Janet can make ____________ cups of coffee.

Answer:

Janet can make 72 cups of coffee.

Explanation:

Given that,

Janet has 8 ounces of coffee beans.

If each cup of coffee requires \(\frac{1}{9}\) ounce of coffee beans,

Total cups of coffee can Janet make,

8 ÷ \(\frac{1}{9}\) = 8 x 9 = 72

Therefore, Janet can make 72 cups of coffee.

Question 4.

A recipe for one dozen cookies requires \(\frac{1}{2}\) cup of flour. How much flour is needed for each cookie?
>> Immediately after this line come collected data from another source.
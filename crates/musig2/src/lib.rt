// MuSig2: nonces, signatures and participants, by keys that are put together of parts.
#![tactic(auto)]

ghost use Rattle.std.specs.Prelude.{◌≡◌, true, ◌+◌, ◌≤◌, ◌++◌, length, Ok};
ghost use Rattle.format.specs.Keys.{key_of};
ghost use Rattle.format.specs.Tables.{holds};
ghost use Rattle.format.specs.Lookups.{asked};
ghost use Rattle.format.specs.Fields.{leaf_fits, musig_lookup, participant_count, participant};
ghost use Rattle.entries.specs.Words.{pair_count};
ghost use Rattle.fitness.specs.Fits.{entries_of};
ghost use Rattle.lookup.specs.Finds.{length_of, Lies};
ghost use Rattle.musig2.specs.Joined.{key_fits_def, musig_fits};

use format::{MapEntry, PUBKEY_LEN, Part, PsbtError};
use lookup::Wanted;

pub mod input;
pub mod output;

// How many bytes a leaf hash has.
const LEAF_LEN: usize = 32;

// The longest key data: a participant, an aggregate key and a leaf hash.
const KEY_LEN: usize = 98;

// A leaf hash is whole or left out.
fn leaf_fits(leaf: &[u8]) -> bool
    ensures { result ≡ leaf_fits leaf.now }
{
    leaf.len() == 0 || leaf.len() == LEAF_LEN
}

// An aggregate key is a public key, and its leaf hash fits.
fn key_fits(aggregate: &[u8], leaf: &[u8]) -> bool
    ensures { result ≡ key_fits_def aggregate.now leaf.now }
{
    aggregate.len() == PUBKEY_LEN && leaf_fits(leaf)
}

// A participant is a public key too.
fn musig_fits(participant: &[u8], aggregate: &[u8], leaf: &[u8]) -> bool
    ensures { result ≡ musig_fits participant.now aggregate.now leaf.now }
{
    participant.len() == PUBKEY_LEN && key_fits(aggregate, leaf)
}

// A lookup by a key of three parts, put together in an array.
fn joined_lookup(
    file: &[u8],
    pairs: &[u32],
    m: MapEntry,
    wanted: Wanted,
    key_type: u8,
    a: &[u8],
    b: &[u8],
    c: &[u8],
) -> Result<Option<Part>, PsbtError>
    requires within { m.first + m.count ≤ pair_count pairs.now }
    requires short { length a.now + length b.now + length c.now ≤ 98 }
    ensures { result ≡ asked true (length_of wanted) file.now (key_of key_type (a.now ++ (b.now ++ c.now)))
        (holds (entries_of pairs.now m)) }
{
    let mut key = [0u8; KEY_LEN];
    let n = a.len() + b.len();
    let e = n + c.len();
    writer::put_bytes(&mut key, 0, a);
    writer::put_bytes(&mut key, a.len(), b);
    writer::put_bytes(&mut key, n, c);
    lookup::asked_in(file, pairs, m, true, wanted, key_type, &key[..e])
}

// A MuSig2 lookup asks participant, aggregate and perhaps leaf hash.
fn musig_lookup(
    file: &[u8],
    pairs: &[u32],
    m: MapEntry,
    key_type: u8,
    width: usize,
    participant: &[u8],
    aggregate: &[u8],
    leaf: &[u8],
) -> Result<Option<Part>, PsbtError>
    requires { m.first + m.count ≤ pair_count pairs.now }
    ensures { result ≡ musig_lookup key_type width file.now participant.now aggregate.now leaf.now
        (holds (entries_of pairs.now m)) }
{
    if !musig_fits(participant, aggregate, leaf) {
        return Err(PsbtError::BadValue);
    }
    joined_lookup(
        file,
        pairs,
        m,
        Wanted::Exactly(width),
        key_type,
        participant,
        aggregate,
        leaf,
    )
}

// How many participants a list has.
fn participant_count(list: Option<Part>) -> Option<u64>
    ensures { Ok result ≡ participant_count (Ok list) }
{
    list.map(|p| (p.len / PUBKEY_LEN) as u64)
}

// Participant number `i` of a list.
fn nth_participant(file: &[u8], list: Option<Part>, i: usize) -> Result<Option<Part>, PsbtError>
    requires { Lies file.now (Ok list) }
    ensures { result ≡ participant i (Ok list) }
{
    match list {
        None => Ok(None),
        Some(p) if i < p.len / PUBKEY_LEN => Ok(Some(Part {
            start: p.start + PUBKEY_LEN * i,
            len: PUBKEY_LEN,
        })),
        Some(_) => Err(PsbtError::OutOfRange),
    }
}
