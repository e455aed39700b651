// The MuSig2 participants of an output, by its own number.
ghost use Rattle.std.specs.Prelude.{◌≡◌};
ghost use Rattle.format.specs.Tables.{held_output};
ghost use Rattle.format.specs.Fields.{output_participants, participant_count, participant};
ghost use Rattle.format.specs.Told.{told_looked, told_numbered};

use crate::{nth_participant, participant_count};
use format::{PSBT_OUT_MUSIG2_PARTICIPANT_PUBKEYS, PUBKEY_LEN, Part, Psbt, PsbtError};
use lookup::Wanted;

// The list of participants under an aggregate key.
pub fn get_musig2_participant_pubkeys(
    file: &[u8],
    pairs: &[u32],
    maps: &[u32],
    psbt: Psbt,
    i: u64,
    aggregate: &[u8],
) -> Result<Option<Part>, PsbtError>
    ensures { told_looked result ≡ told_looked (output_participants file.now aggregate.now
        (held_output file.now pairs.now maps.now psbt i)) }
{
    let m = fitness::fit_output(file, pairs, maps, psbt, i)?;
    let ok = aggregate.len() == PUBKEY_LEN;
    lookup::asked_in(
        file,
        pairs,
        m,
        ok,
        Wanted::KeyList,
        PSBT_OUT_MUSIG2_PARTICIPANT_PUBKEYS,
        aggregate,
    )
}

// How many they are.
pub fn get_musig2_participant_count(
    file: &[u8],
    pairs: &[u32],
    maps: &[u32],
    psbt: Psbt,
    i: u64,
    aggregate: &[u8],
) -> Result<Option<u64>, PsbtError>
    ensures { told_numbered result ≡ told_numbered (participant_count
        (output_participants file.now aggregate.now (held_output file.now pairs.now maps.now psbt i))) }
{
    let list = get_musig2_participant_pubkeys(file, pairs, maps, psbt, i, aggregate)?;
    Ok(participant_count(list))
}

// Participant number `n` of that list.
pub fn get_musig2_participant(
    file: &[u8],
    pairs: &[u32],
    maps: &[u32],
    psbt: Psbt,
    i: u64,
    aggregate: &[u8],
    n: usize,
) -> Result<Option<Part>, PsbtError>
    ensures { told_looked result ≡ told_looked (participant n
        (output_participants file.now aggregate.now (held_output file.now pairs.now maps.now psbt i))) }
{
    let list = get_musig2_participant_pubkeys(file, pairs, maps, psbt, i, aggregate)?;
    nth_participant(file, list, n)
}
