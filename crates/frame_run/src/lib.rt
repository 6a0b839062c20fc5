//! Messages of a source, written as lines to a sink.
#![tactic(auto)]

pub mod framing;
mod hex;
mod lent;
mod lent_sink;
mod line;
mod message_line;
mod output;
mod text;
pub mod unframing;

pub use framing::{Framed, frame_all};
pub use unframing::{Unframed, unframe_all};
Each cookie requires _____________ cup of flour.

Answer:

Each cookie requires \(\frac{1}{24}\) cup of flour.

Explanation:

Given that,

A recipe for one dozen cookies requires \(\frac{1}{2}\) cup of flour.

Total flour is needed for each cookie,

\(\frac{1}{2}\) ÷ 12 = \(\frac{1}{2 \times 12}\) = \(\frac{1}{24}\)

Question 5.

Keith has 7 yards of string. He needs \(\frac{1}{3}\) yard of string for each of his puppets. How many puppets can Keith make with his string?

Keith can make ____________ puppets.

Answer:

Keith can make 21 puppets.

Explanation:

Given that,

Keith has 7 yards of string.

He needs \(\frac{1}{3}\) yard of string for each of his puppets.

Number of puppets can Keith make with his string,

7 ÷ \(\frac{1}{3}\) = 7 x 3 = 21 puppets.

Question 6.

Mr. Garcia worked 4 hours on Wednesday. He took a quick break every \(\frac{1}{2}\) hour. How many breaks did Mr. Garcia take?

Mr. Garcia took ____________ breaks on Wednesday.

Answer:

Mr. Garcia took 8 breaks on Wednesday.

Explanation:

Given that,

Mr. Garcia worked 4 hours on Wednesday.

He took a quick break every \(\frac{1}{2}\) hour.

Number of breaks did Mr. Garcia take,

4 ÷ \(\frac{1}{2}\) = 4 x 2 = 8 breaks.